Optics in Atmospheric Propagation and Adaptive Systems XIX | 2016
Detlev Sprung; Erik Sucher; Karin Stein; O. von der Lühe; Th. Berkefeld
Local atmospheric turbulence at the telescope level is regarded as a major reason for affecting the performance of the adaptive optics systems using wavelengths in the visible and infrared for solar observations. During the day the air masses around the telescope dome are influenced by flow distortions. Additionally heating of the infrastructure close to telescope causes thermal turbulence. Thereby optical turbulence is produced and leads to quality changes in the local seeing throughout the day.
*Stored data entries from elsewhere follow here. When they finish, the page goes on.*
//! Room in a vector of bytes, and reads into it.
ghost use Rattle.std.specs.Prelude.{◌≡◌, ◌≢◌, ◌<◌, ◌≤◌, ◌+◌, ◌-◌, ◌^◌, ◌++◌, Some, length, take};
ghost use Rattle.std.specs.Prelude.{drop, IfOk};
ghost use Rattle.std.specs.Prelude.{IfErr, IfSome, IfNone, OnOk, OnErr, replicate, vec_len};
ghost use Rattle.std.specs.Prelude.{vec_capacity};
ghost use Rattle.std.specs.Io.{ReadsAtMost};
ghost use Rattle.grep_line_buffer.specs.BufferStates.{IsWithin};
ghost use Rattle.grep_line_buffer.specs.Appends.{FailsToRead, Reads};
ghost use Rattle.grep_line_buffer.specs.Room.{IsFullFault, next_size};

use crate::fill_error::FillError;
use grep_decode::{Decoder, Source};
use std::alloc::{AllocError, Allocator};
use std::io;

// Fills up a vector with zeros to its next size. An error leaves the bytes as they are, and is
// `HeapLimit` or `Memory`.
pub(crate) fn enlarge<A: Allocator>(
    bytes: &mut Vec<u8, A>,
    limit: Option<usize>,
) -> Result<(), FillError>
    requires { IsWithin limit (vec_len bytes.old) }
    ensures capacity { vec_capacity bytes.old ≤ vec_capacity bytes.new }
    ensures ok { OnOk result (bytes.new.items
        ≡ bytes.old.items ++ replicate (length bytes.new.items - vec_len bytes.old) 0) }
    ensures larger { OnOk result (vec_len bytes.old < length bytes.new.items) }
    ensures size { OnOk result
        (length bytes.new.items ≡ next_size 1 limit (vec_len bytes.old)) }
    ensures same { OnErr result (bytes.new.items ≡ bytes.old.items) }
    ensures error { IfErr result (IsFullFault limit (vec_len bytes.old)) }
    ensures memory { OnErr result (limit ≢ Some (vec_len bytes.old)
        → vec_capacity bytes.old < next_size 1 limit (vec_len bytes.old)) }
{
    let Some(wanted) = larger_size(bytes.len(), 1, limit) else {
        return Err(FillError::HeapLimit);
    };
    if show_zeros(bytes, wanted, wanted, wanted).is_err() {
        return Err(FillError::Memory);
    }
    Ok(())
}

// The size to which a full vector grows: twice its own, at least `least` and at most the limit;
// `None` at the limit.
pub(crate) fn larger_size(size: usize, least: usize, limit: Option<usize>) -> Option<usize>
    requires some { 0 < least }
    requires within { IsWithin limit size }
    requires small { size < 2 ^ 63 }
    ensures larger { IfSome result (λ wanted. size < wanted) }
    ensures size { IfSome result (λ wanted. wanted ≡ next_size least limit size) }
    ensures none { IfNone result (limit ≡ Some size) }
    ensures some { IfSome result (λ _. limit ≢ Some size) }
{
    let doubled = (size * 2).max(least);
    match limit {
        Some(most) if size == most => None,
        Some(most) => Some(doubled.min(most)),
        None => Some(doubled),
    }
}

// Fills up with zeros to `shown` bytes. If there is no room for `needed`, room for `size` is made
// first. An error leaves the bytes as they are.
pub(crate) fn show_zeros<A: Allocator>(
    bytes: &mut Vec<u8, A>,
    shown: usize,
    needed: usize,
    size: usize,
) -> Result<(), AllocError>
    requires larger { vec_len bytes.old ≤ shown }
    requires fits { shown ≤ needed }
    requires within { needed ≤ size }
    ensures capacity { vec_capacity bytes.old ≤ vec_capacity bytes.new }
    ensures room { OnOk result (needed ≤ vec_capacity bytes.new) }
    ensures ok { OnOk result (bytes.new.items
        ≡ bytes.old.items ++ replicate (shown - vec_len bytes.old) 0) }
    ensures err { OnErr result ((bytes.new.items ≡ bytes.old.items)
        × (vec_capacity bytes.old < needed)) }
{
    if bytes.capacity() < needed {
        bytes.reserve_exact(size - bytes.len())?;
    }
    bytes.resize(shown, 0)
}

// Reads once into the bytes from `end` on.
pub(crate) fn read_after<B: Allocator, R: Source>(
    decoder: &mut Decoder<B>,
    reader: &mut R,
    bytes: &mut [u8],
    end: usize,
) -> io::Result<usize>
    requires { end < length bytes.old }
    ensures capacity { decoder.new.capacity ≡ decoder.old.capacity }
    ensures bound { IfOk result (λ count. end + count ≤ length bytes.new) }
    ensures front { take end bytes.new ≡ take end bytes.old }
    ensures reads { IfOk result (λ count. Reads R.remaining R.step decoder.old reader.old
        (take count (drop end bytes.new)) decoder.new reader.new) }
    ensures failed { IfErr result (λ e.
        FailsToRead R.remaining R.step decoder.old reader.old e decoder.new reader.new) }
{
    read_once(decoder, reader, &mut bytes[end..])
}

// Reads once into the front of a buffer with room.
fn read_once<B: Allocator, R: Source>(
    decoder: &mut Decoder<B>,
    reader: &mut R,
    buffer: &mut [u8],
) -> io::Result<usize>
    requires { 0 < length buffer.old }
    ensures capacity { decoder.new.capacity ≡ decoder.old.capacity }
    ensures bound { ReadsAtMost result buffer.new }
    ensures reads { IfOk result (λ count. Reads R.remaining R.step decoder.old reader.old
        (take count buffer.new) decoder.new reader.new) }
    ensures failed { IfErr result (λ e.
        FailsToRead R.remaining R.step decoder.old reader.old e decoder.new reader.new) }
{
    match decoder.read(reader, buffer) {
        Ok(count) => Ok(count),
        Err(e) => Err(e),
    }
}
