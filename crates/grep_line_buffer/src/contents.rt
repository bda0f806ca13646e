//! All decoded bytes of a reader, for a search across lines.
ghost use Rattle.std.specs.Prelude.{◌≡◌, ◌≢◌, ◌+◌, ◌-◌, ◌<◌, ◌≤◌, ◌^◌, ◌++◌, [], Some, length};
ghost use Rattle.std.specs.Prelude.{OnOk, OnErr, IfErr, if◌then◌else◌};
ghost use Rattle.std.specs.Prelude.{nat_lt, replicate, take, vec_len, vec_capacity};
ghost use Rattle.std.specs.Io.KnownBytes.{Consumes, IsAtEnd};
ghost use Rattle.grep_decode.specs.Reading.{FailsWith};
ghost use Rattle.grep_decode.specs.declared.mode.Mode.TheVariants.{Passing};
ghost use Rattle.grep_decode.specs.DecoderStates.{Decodes, IsDone, IsSettled, IsWaiting};
ghost use Rattle.grep_decode.specs.DecoderStates.{TakesAtMost};
ghost use Rattle.grep_decode.specs.DecoderStates.{runs_ahead, yet};
ghost use Rattle.grep_line_buffer.specs.Contents.{first_size, IsBelow, ContentsFail, FailsAfter};
ghost use Rattle.grep_line_buffer.specs.BufferStates.{IsWithin};
ghost use Rattle.grep_line_buffer.specs.Fills.{IfRead, UnlessRead};
ghost use Rattle.grep_line_buffer.specs.Room.{HasFirstRoom, IsFullFault, next_size};

use crate::fill_error::FillError;
use crate::room::{larger_size, read_after, show_zeros};
use grep_decode::{Decoder, Source};
use std::alloc::Allocator;

// For how many bytes there is room at first, if the limit isn't lower, and how many are set to zero
// at a time at most.
const FIRST_SIZE: usize = 65_536;

// How many bytes are set to zero at first.
const FIRST_ZEROS: usize = 4_096;

/// Reads the decoded bytes of a reader to its end. `contents` is cleared first, and its memory is
/// kept.
///
/// The contents have to be shorter than `limit`, if there is one: once `limit` bytes have come, the
/// error is `FillError::HeapLimit`, and nothing more is read. There is room for 65,536 bytes at
/// first, and then for twice as many whenever it is used up, but never for more than the limit. Of
/// that, as many bytes at a time are set to zero as have come, but 4,096 at least and 65,536 at
/// most, and each read asks for what is left of these. Once a read has returned none,
/// no other is made.
///
/// `FillError::Read` is the reader's own error, also one of kind `Interrupted`, and `Memory` means
/// that the room was used up, might grow, and there was no memory. `Offset` isn't returned. After
/// each error `contents` has the bytes that came before it.
pub fn read_contents<A: Allocator, B: Allocator, R: Source>(
    decoder: &mut Decoder<A>,
    reader: &mut R,
    limit: Option<usize>,
    contents: &mut Vec<u8, B>,
) -> Result<(), FillError>
    ensures capacity { decoder.new.capacity ≡ decoder.old.capacity }
    ensures kept { vec_capacity contents.old ≤ vec_capacity contents.new }

    // the contents are what reads of the decoder gave, and nothing is lost
    ensures reads { UnlessRead result (Decodes R.remaining R.step decoder.old reader.old
        contents.new.items decoder.new reader.new) }
    ensures read { IfRead result (λ e. FailsAfter R.remaining R.step e decoder.old reader.old
        contents.new.items decoder.new reader.new) }
    ensures gives { Consumes (yet decoder.old (R.remaining reader.old))
        (yet decoder.new (R.remaining reader.new)) contents.new.items }

    // they are all that was left and shorter than the limit, or why not
    ensures done { OnOk result (IsDone decoder.new) }
    ensures end { OnOk result (IsAtEnd (yet decoder.new (R.remaining reader.new))) }
    ensures below { OnOk result (IsBelow limit (length contents.new.items)) }
    ensures error { IfErr result
        (ContentsFail limit (vec_capacity contents.old) contents.new.items) }
    ensures fault { IfRead result (λ e. FailsWith R.step reader.old e reader.new) }

    // how far the reader is ahead of the contents, and what the decoder holds, if the bytes pass
    // unchanged
    ensures ahead { UnlessRead result (decoder.new.mode ≡ Passing
        → TakesAtMost (R.remaining reader.old) (R.remaining reader.new)
        (length contents.new.items + runs_ahead decoder.old.mode)) }
    ensures settled { OnOk result (IsSettled decoder.new.mode) }
    ensures stays { IsSettled decoder.old.mode → decoder.new.mode ≡ decoder.old.mode }
    ensures empty { IfRead result (λ _. decoder.new.ready ≡ []) }
    ensures waits { IfRead result (λ _. IsWaiting decoder.new.mode decoder.new.held) }
{
    contents.clear();
    let mut len = 0;
    'reads: loop {
        make_room(contents, len, limit)?;
        match read_after(decoder, reader, contents, len) {
            Ok(0) => {
                contents.truncate(len);
                return Ok(());
            }
            Ok(count) => len += count,
            Err(e) => {
                contents.truncate(len);
                return Err(FillError::Read(e));
            }
        }
    }
}

// Makes room for another byte after the first `len` ones, if there is none. An error leaves them as
// they are.
fn make_room<A: Allocator>(
    contents: &mut Vec<u8, A>,
    len: usize,
    limit: Option<usize>,
) -> Result<(), FillError>
    requires fits { len ≤ vec_len contents.old }
    requires within { IsWithin limit (vec_len contents.old) }
    requires first { HasFirstRoom limit (vec_len contents.old) (vec_capacity contents.old) }
    ensures kept { vec_capacity contents.old ≤ vec_capacity contents.new }
    ensures front { take len contents.new.items ≡ take len contents.old.items }
    ensures room { OnOk result (len < length contents.new.items) }
    ensures within { OnOk result (IsWithin limit (length contents.new.items)) }
    ensures first { OnOk result
        (HasFirstRoom limit (length contents.new.items) (vec_capacity contents.new)) }
    ensures full { OnErr result ((contents.new.items ≡ contents.old.items)
        × (length contents.old.items ≡ len)) }
    ensures error { IfErr result (λ e. IsFullFault limit len e) }
    ensures memory { OnErr result (limit ≢ Some len
        → vec_capacity contents.old < next_size first_size limit len) }
    ensures later { OnErr result (limit ≢ Some len → 0 < len → first_size ≤ len) }
{
    if len < contents.len() {
        return Ok(());
    }
    let Some(size) = larger_size(len, FIRST_SIZE, limit) else {
        return Err(FillError::HeapLimit);
    };
    let needed = size.min(room_needed(len));
    let shown = needed.min((len * 2).max(FIRST_ZEROS));
    if show_zeros(contents, shown, needed, size).is_err() {
        return Err(FillError::Memory);
    }
    Ok(())
}

// For how many bytes there has to be room once `len` have come.
fn room_needed(len: usize) -> usize
    requires { len < 2 ^ 63 }
    ensures { result ≡ (if nat_lt len first_size then first_size else len + first_size) }
{
    if len < FIRST_SIZE {
        FIRST_SIZE
    } else {
        len + FIRST_SIZE
    }
}
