//! Why reading fails.
use std::io;
use thiserror::Error;

/// Why a line buffer couldn't be filled, or a reader's contents couldn't be read. No byte that was
/// read is lost: a further fill goes on after it, and the vector has it.
#[derive(Debug, Drop, Error)]
pub enum FillError {
    /// The reader's own error.
    #[error("{0}")]
    Read(io::Error),
    /// The buffer is full, it is as large as it may be, and no line ended in what was read. Or the
    /// contents aren't shorter than the limit.
    #[error("the heap limit was reached")]
    HeapLimit,
    /// The offset just after the bytes that were read is above 2^64 - 1. Contents have no offset.
    #[error("an offset is above 2^64 - 1")]
    Offset,
    /// The buffer or the vector is full and may grow, but there was no memory for that.
    #[error("out of memory")]
    Memory,
}
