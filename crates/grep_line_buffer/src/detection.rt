//! What a buffer does with binary bytes.

/// What a line buffer does with a byte that marks its input as binary. More variants may come.
#[derive(Clone, Copy, Debug, PartialEq, Eq)]
#[non_exhaustive]
pub enum Detection {
    /// No byte marks an input as binary: all bytes are text.
    None,
    /// The input ends at the first such byte: neither it nor what follows is shown.
    Quit(u8),
    /// Each such byte becomes the byte that ends a line. If it is that byte, nothing is looked for.
    Convert(u8),
}
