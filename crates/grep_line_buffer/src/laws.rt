//! Laws of fills of a line buffer, each the contract of a function that does nothing.
ghost use Rattle.std.specs.Prelude.{◌≡◌, ◌++◌, ℕ, List, take, drop};
ghost use Rattle.std.specs.declared.io.Error.{Error};
ghost use Rattle.grep_decode.specs.DecoderStates.{DecoderState, Decodes};
ghost use Rattle.grep_decode.specs.Reading.{FailsWith};
ghost use Rattle.grep_line_buffer.specs.BufferStates.{BufferState, held_bytes};
ghost use Rattle.grep_line_buffer.specs.Fills.{FailsToFill, FillsContinue};

use grep_decode::Source;

/// Over many fills of a line buffer, with `gone` the bytes that were consumed: these and what the
/// buffer holds are what detection makes of the bytes that reads of the decoder gave since the
/// first fill, and the offset of the first binary byte is where it is among these. That stays so by
/// a fill (`fills`) and by `consume` (`consumed`). An error of the reader is then the last of its
/// calls since the first fill (`fails`); what came before it is a fill (`FailsToFill.fills`).
pub fn fills_continue<R: Source>()
    ensures fills { FillsContinue R.remaining R.step }
    ensures consumed { (w : BufferState) (gone : List ℕ) (count : ℕ)
        → gone ++ held_bytes w ≡ (gone ++ take count w.shown) ++ (drop count w.shown ++ w.rest) }
    ensures fails { (old new : BufferState) (d d1 d2 : DecoderState) (r r1 r2 : R) (given : List ℕ)
        (e : Error)
        → Decodes R.remaining R.step d r given d1 r1
        → FailsToFill R.remaining R.step e old d1 r1 new d2 r2 → FailsWith R.step r e r2 }
{}
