//! `LineBuffer` shows a reader's decoded bytes by whole lines, in memory that a limit can bound; it
//! follows grep-searcher's module `line_buffer`. `read_contents` reads all of a reader's decoded
//! bytes into a vector.
#![tactic(auto)]

mod contents;
mod detection;
mod fill_error;
pub mod laws;
mod line_buffer;
mod room;

pub use contents::read_contents;
pub use detection::Detection;
pub use fill_error::FillError;
pub use line_buffer::LineBuffer;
Image degradation will be yielded affecting the performance of adaptive optical systems. The spatial resolution of the solar observations will be reduced. For this study measurements of the optical turbulence, represented by the structure function parameter of the refractive index Cn2 were performed on several locations at the GREGOR telescope at the Teide observatory at Tenerife at the Canary Islands / Spain. Since September 2012 measurements of Cn2 were carried out between the towers of the Vacuum Tower Telescope (VTT) and of GREGOR with a laser-scintillometer. The horizontal distance of the measurement path was about 75 m. Additional from May 2015 up to March 2016 the optical turbulence was determined at three additional locations close to the solar telescope GREGOR. The optical turbulence is derived from sonic anemometer measurements. Time series of the sonic temperature are analyzed and compared to the direct measurements of the laser scintillometer. Meteorological conditions are investigated, especially the influence of the wind direction. Turbulence of upper atmospheric layers is not regarded. The measured local turbulence is compared to the system performance of the GREGOR telescopes. It appears that the mountain ridge effects on turbulence are more relevant than any local causes of seeing close to the telescope. Results of these analyses and comparison of nearly one year of measurements are presented and discussed.